Collected data entries:

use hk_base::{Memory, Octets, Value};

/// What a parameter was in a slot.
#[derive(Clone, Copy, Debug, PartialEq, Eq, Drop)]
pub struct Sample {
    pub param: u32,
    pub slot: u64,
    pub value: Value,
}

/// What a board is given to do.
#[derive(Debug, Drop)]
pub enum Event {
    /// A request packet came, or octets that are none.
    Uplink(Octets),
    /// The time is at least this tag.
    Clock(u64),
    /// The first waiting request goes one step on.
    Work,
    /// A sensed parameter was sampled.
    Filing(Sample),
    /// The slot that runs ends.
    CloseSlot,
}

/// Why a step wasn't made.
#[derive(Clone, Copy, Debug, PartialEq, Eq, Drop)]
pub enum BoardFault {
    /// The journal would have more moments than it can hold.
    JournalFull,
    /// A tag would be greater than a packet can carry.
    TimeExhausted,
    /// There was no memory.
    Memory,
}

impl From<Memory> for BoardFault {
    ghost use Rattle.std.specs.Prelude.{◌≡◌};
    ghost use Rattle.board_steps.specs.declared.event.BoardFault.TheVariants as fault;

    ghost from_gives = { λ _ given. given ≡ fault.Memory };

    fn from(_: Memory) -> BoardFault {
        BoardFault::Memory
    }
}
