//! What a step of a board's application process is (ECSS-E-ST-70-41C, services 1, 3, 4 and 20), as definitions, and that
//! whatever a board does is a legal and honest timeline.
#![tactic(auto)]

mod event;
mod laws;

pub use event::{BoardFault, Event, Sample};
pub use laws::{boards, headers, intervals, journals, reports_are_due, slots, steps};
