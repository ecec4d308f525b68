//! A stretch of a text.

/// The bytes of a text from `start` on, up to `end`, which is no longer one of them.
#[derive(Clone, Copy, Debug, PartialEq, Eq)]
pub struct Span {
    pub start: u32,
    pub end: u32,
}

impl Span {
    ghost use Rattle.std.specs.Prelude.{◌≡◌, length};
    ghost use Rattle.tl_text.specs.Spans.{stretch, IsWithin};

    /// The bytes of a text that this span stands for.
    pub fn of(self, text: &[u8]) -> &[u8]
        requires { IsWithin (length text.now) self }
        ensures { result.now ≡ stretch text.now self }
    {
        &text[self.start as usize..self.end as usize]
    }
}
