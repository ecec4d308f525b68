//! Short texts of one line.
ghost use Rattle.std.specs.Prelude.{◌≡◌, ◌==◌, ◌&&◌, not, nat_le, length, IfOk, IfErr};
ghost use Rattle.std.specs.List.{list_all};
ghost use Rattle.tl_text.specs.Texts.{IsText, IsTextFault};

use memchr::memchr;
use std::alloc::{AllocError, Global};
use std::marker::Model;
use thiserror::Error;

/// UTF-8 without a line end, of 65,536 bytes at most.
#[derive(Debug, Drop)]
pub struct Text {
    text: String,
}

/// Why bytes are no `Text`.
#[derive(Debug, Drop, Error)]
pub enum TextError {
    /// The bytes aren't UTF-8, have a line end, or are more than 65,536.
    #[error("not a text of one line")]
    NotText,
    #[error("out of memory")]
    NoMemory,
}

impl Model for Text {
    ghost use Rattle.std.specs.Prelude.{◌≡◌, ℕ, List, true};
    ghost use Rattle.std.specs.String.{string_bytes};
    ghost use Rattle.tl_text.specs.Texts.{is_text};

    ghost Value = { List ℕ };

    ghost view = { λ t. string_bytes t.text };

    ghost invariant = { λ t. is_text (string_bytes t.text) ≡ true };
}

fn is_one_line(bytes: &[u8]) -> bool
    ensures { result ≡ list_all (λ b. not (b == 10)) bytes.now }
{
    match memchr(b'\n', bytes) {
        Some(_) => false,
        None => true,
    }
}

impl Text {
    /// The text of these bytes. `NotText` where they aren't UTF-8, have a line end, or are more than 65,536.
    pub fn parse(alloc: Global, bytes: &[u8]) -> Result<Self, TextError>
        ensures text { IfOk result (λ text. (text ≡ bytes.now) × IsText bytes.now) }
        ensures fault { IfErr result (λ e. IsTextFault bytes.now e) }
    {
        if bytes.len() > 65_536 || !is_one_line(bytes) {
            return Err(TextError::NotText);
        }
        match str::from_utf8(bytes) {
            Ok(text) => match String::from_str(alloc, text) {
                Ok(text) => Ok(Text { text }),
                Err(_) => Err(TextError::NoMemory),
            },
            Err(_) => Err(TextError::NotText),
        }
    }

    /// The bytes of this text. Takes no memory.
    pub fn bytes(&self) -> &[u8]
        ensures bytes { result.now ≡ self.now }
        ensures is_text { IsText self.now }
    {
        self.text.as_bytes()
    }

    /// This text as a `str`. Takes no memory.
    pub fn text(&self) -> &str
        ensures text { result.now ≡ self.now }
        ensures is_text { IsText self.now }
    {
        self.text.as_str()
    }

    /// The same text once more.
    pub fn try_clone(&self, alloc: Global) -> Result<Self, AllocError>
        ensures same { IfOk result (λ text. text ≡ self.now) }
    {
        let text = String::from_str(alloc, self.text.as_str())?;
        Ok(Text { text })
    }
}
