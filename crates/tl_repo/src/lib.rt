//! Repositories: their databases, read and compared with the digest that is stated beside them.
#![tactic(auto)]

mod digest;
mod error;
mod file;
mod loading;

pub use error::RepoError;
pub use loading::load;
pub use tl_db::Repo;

_WORK INSTRUCTION_
Show me every line in the data above that includes "impl".

_WRITTEN SOLUTION_
impl From<Memory> for BoardFault {
impl Span {
impl Model for Text {
impl Text {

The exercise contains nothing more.